Have you looked at using sys-fs/multipath-tools.

jeff

----------

## Cinquero

No, I'm not really looking for multipath. I want to replace storage devices completely and not just use a fallback route or replication in the backend.

----------

## HeissFuss

I would have mentioned DRDB, but you don't want backend replication or multipath/clustering (what's the reasoning for that by the way.)  From mailing lists, it seems that there are issues with MD raid and iSCSI.  You may want to try using LVM for the mirror instead.  It may handle failure more gracefully.

----------

## Cinquero

I do not like DRBD because it wastes space like RAID1 -- RAID5 would be better  :Smile: .

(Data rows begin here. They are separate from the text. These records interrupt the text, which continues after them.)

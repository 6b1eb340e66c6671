//! Readings and writings, in memory and over devices that fail.

ghost use Rattle.std.specs.Prelude.{◌<◌, ◌≤◌, IfOk};

use std::alloc::{AllocError, Global};
use std::io::{Error, ErrorKind, Read, Write};
use std::test::Fail;
use wire_io::{
    MemorySink, MemorySource, NoPace, Pacer, ReadStop, Sink, Source, StdSink, StdSource,
    read_up_to, write_whole,
};

/// A device that gives or takes two bytes a call, and fails at its third call.
#[derive(Drop)]
struct Device {
    calls: u8,
}

impl Device {
    fn step(&mut self, size: usize) -> std::io::Result<usize>
        ensures { IfOk result (λ count. count ≤ size) }
    {
        self.calls = self.calls.saturating_add(1);
        if self.calls == 3 {
            return Err(Error::from(ErrorKind::Other));
        }
        Ok(size.min(2))
    }
}

impl Read for Device {
    fn read(&mut self, buf: &mut [u8]) -> std::io::Result<usize> {
        self.step(buf.len())
    }
}

impl Write for Device {
    fn write(&mut self, piece: &[u8]) -> std::io::Result<usize> {
        self.step(piece.len())
    }

    fn flush(&mut self) -> std::io::Result<()> {
        Ok(())
    }
}

/// A device that takes nothing.
#[derive(Drop)]
struct Stuck;

impl Write for Stuck {
    fn write(&mut self, _piece: &[u8]) -> std::io::Result<usize> {
        Ok(0)
    }

    fn flush(&mut self) -> std::io::Result<()> {
        Ok(())
    }
}

/// Its proof shows that over a steady source no reading fails.
fn read_steady(alloc: Global, bytes: &[u8]) -> Result<Vec<u8>, AllocError> {
    let mut source = MemorySource::steady(bytes.to_vec(alloc)?);
    match read_up_to(alloc, &mut source, 16) {
        Ok(bytes) => Ok(bytes),
        Err(ReadStop::Memory) => Err(AllocError),
        Err(ReadStop::Failed) => unreachable!(),
    }
}

#[test]
fn over_a_steady_source_no_reading_fails(rt: HostRuntime) -> Result<(), Fail> {
    assert!(rt; read_steady(rt.alloc(), b"abcde")?.as_slice() == b"abcde".as_slice());
    Ok(())
}

/// Its proof shows that in a steady sink's room no writing fails, one after another.
fn write_steady(alloc: Global) -> Result<MemorySink, AllocError> {
    let mut sink = MemorySink::steady(alloc, 5)?;
    let first = write_whole(&mut sink, b"abc");
    prove!(first.is_ok());
    let second = write_whole(&mut sink, b"de");
    prove!(second.is_ok());
    Ok(sink)
}

#[test]
fn in_a_steady_sinks_room_no_writing_fails(rt: HostRuntime) -> Result<(), Fail> {
    assert!(rt; write_steady(rt.alloc())?.bytes() == b"abcde".as_slice());
    Ok(())
}

/// A source of so many bytes, which gives at most so many a call and fails at the listed ones.
fn source_of(
    alloc: Global,
    size: usize,
    most: usize,
    failing: &[u64],
) -> Result<MemorySource, AllocError>
    requires { 0 < most }
{
    let failing = Vec::from_slice(alloc, failing)?;
    Ok(MemorySource::new(vec![in alloc; 7u8; size]?, most, failing))
}

/// How many bytes a reading gives.
fn count_read<S: Source>(alloc: Global, source: &mut S, most: usize) -> Result<usize, ReadStop> {
    Ok(read_up_to(alloc, source, most)?.len())
}

#[test]
fn a_reading_takes_all_or_the_most_it_may(rt: HostRuntime) -> Result<(), Fail> {
    let mut source = source_of(rt.alloc(), 20_000, 9_000, &[])?;
    assert!(rt; count_read(rt.alloc(), &mut source, 12_000) == Ok(12_000));
    assert!(rt; count_read(rt.alloc(), &mut source, 12_000) == Ok(8_000));
    Ok(())
}

#[test]
fn a_failure_in_the_middle_ends_the_reading_and_the_next_one_goes_on(
    rt: HostRuntime,
) -> Result<(), Fail> {
    let mut source = source_of(rt.alloc(), 5, 2, &[1])?;
    assert!(rt; count_read(rt.alloc(), &mut source, 100) == Err(ReadStop::Failed));
    assert!(rt; count_read(rt.alloc(), &mut source, 100) == Ok(3));
    Ok(())
}

const LETTERS: &[u8] = b"seven letters";

/// A sink with room for 16 bytes, which takes three a call and fails at the listed ones.
fn sink_of(alloc: Global, failing: &[u64]) -> Result<MemorySink, AllocError> {
    MemorySink::new(alloc, 16, 3, Vec::from_slice(alloc, failing)?)
}

#[test]
fn a_text_is_written_whole_or_up_to_a_failure(rt: HostRuntime) -> Result<(), Fail> {
    let mut sink = sink_of(rt.alloc(), &[])?;
    assert!(rt; write_whole(&mut sink, LETTERS).is_ok());
    assert!(rt; sink.bytes() == LETTERS);
    let mut sink = sink_of(rt.alloc(), &[2])?;
    assert!(rt; write_whole(&mut sink, LETTERS).is_err());
    assert!(rt; sink.bytes() == &LETTERS[..6]);
    Ok(())
}

#[test]
fn a_reader_of_std_fails_where_it_has_an_error(rt: HostRuntime) {
    let mut source = StdSource::new(Device { calls: 0 });
    assert!(rt; count_read(rt.alloc(), &mut source, 5) == Err(ReadStop::Failed));
    assert!(rt; count_read(rt.alloc(), &mut source, 5) == Ok(5));
}

#[test]
fn a_writer_of_std_fails_where_it_has_an_error_or_takes_nothing(rt: HostRuntime) {
    let mut sink = StdSink::new(Device { calls: 0 });
    assert!(rt; write_whole(&mut sink, b"abcd").is_ok());
    assert!(rt; write_whole(&mut sink, b"e").is_err());
    assert!(rt; StdSink::new(Stuck).write(b"e").is_err());
    assert!(rt; StdSink::new(Stuck).write(b"") == Ok(0));
}

#[test]
fn no_pace_does_nothing() {
    NoPace.before(0, 1);
}
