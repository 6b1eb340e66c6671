//! Places of items, noted while a node is read.

ghost use Rattle.std.specs.Prelude.{◌≡◌, ◌*◌, ◌/◌, ◌<◌, length};
ghost use Rattle.node_format.specs.Reading.{skip};
ghost use Rattle.node_format.specs.Marks.{noted};

use crate::scan::after_item;

/// How many places are kept.
pub(crate) const PLACES: usize = 128;

/// Where each item begins whose number is a multiple of the stride. It lies in the node's view, so it takes no memory.
#[derive(Clone, Copy)]
pub(crate) struct Marks {
    pub(crate) stride: u16,
    pub(crate) places: [u32; PLACES],
}

/// The stride for so many items: 1 where there are fewer than 128, so that each has its place, else 2, and so on.
pub(crate) fn stride_for(count: u16) -> u16
    ensures step { 0 < result }
    ensures room { count < 128 * result }
{
    count / 128 + 1
}

/// Notes where the item of this number begins, if its number is a multiple of the stride.
pub(crate) fn note(places: &mut [u32], stride: u16, number: u16, place: u32)
    requires step { 0 < stride }
    requires room { number / stride < length places.old }
    ensures { places.new ≡ noted stride number place places.old }
{
    if number % stride == 0 {
        places[usize::from(number / stride)] = place;
    }
}

/// The bytes after so many items.
pub(crate) fn after_items(level: u8, count: u16, bytes: &[u8]) -> &[u8]
    ensures { result.now ≡ skip level count bytes.now }
{
    let mut rest = bytes;
    for _ in 0..count {
        rest = after_item(level, rest);
    }
    rest
}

Additionally, I'd like to be able to move the storage around between hosts during live operation and without downtime... can you detach one drbd side, destroy it, create a new slave on another host, and then re-sync that one to the master during live operation?

----------

## HeissFuss

 *Quote:*   

> I do not like DRBD because it wastes space like RAID1

 

I thought the topic was about RAID1?

 *Quote:*   

> Additionally, I'd like to be able to move the storage around between hosts during live operation and without downtime... can you detach one drbd side, destroy it, create a new slave on another host, and then re-sync that one to the master during live operation?

 

Maybe I'm just not understanding the big picture of your setup.  When you're referring to moving storage, do you mean moving the target or moving the initiator?

I'm not going to pretend to know exactly how DRDB works, but my understanding is that it syncs its local storage with a remote server in a primary/failover fashion.  If you made the two servers into a cluster, you'd publish the iSCSI from the primary and connect to the HA ip from the client.  In that case, removing one of the servers would be near transparent (there would be a brief period of inaccessibility in the case of needing to fail to the secondary.)  The setup though is fairly complex.  Another option would be to have both servers "primary", publish both devices over iSCSI and use multipath on the client to connect.  However, you'd need to use a cluster file system for that such as GFS unless you were sure that you'd only be writing to one at a time.  In any of these cases you should be able to remove a node online.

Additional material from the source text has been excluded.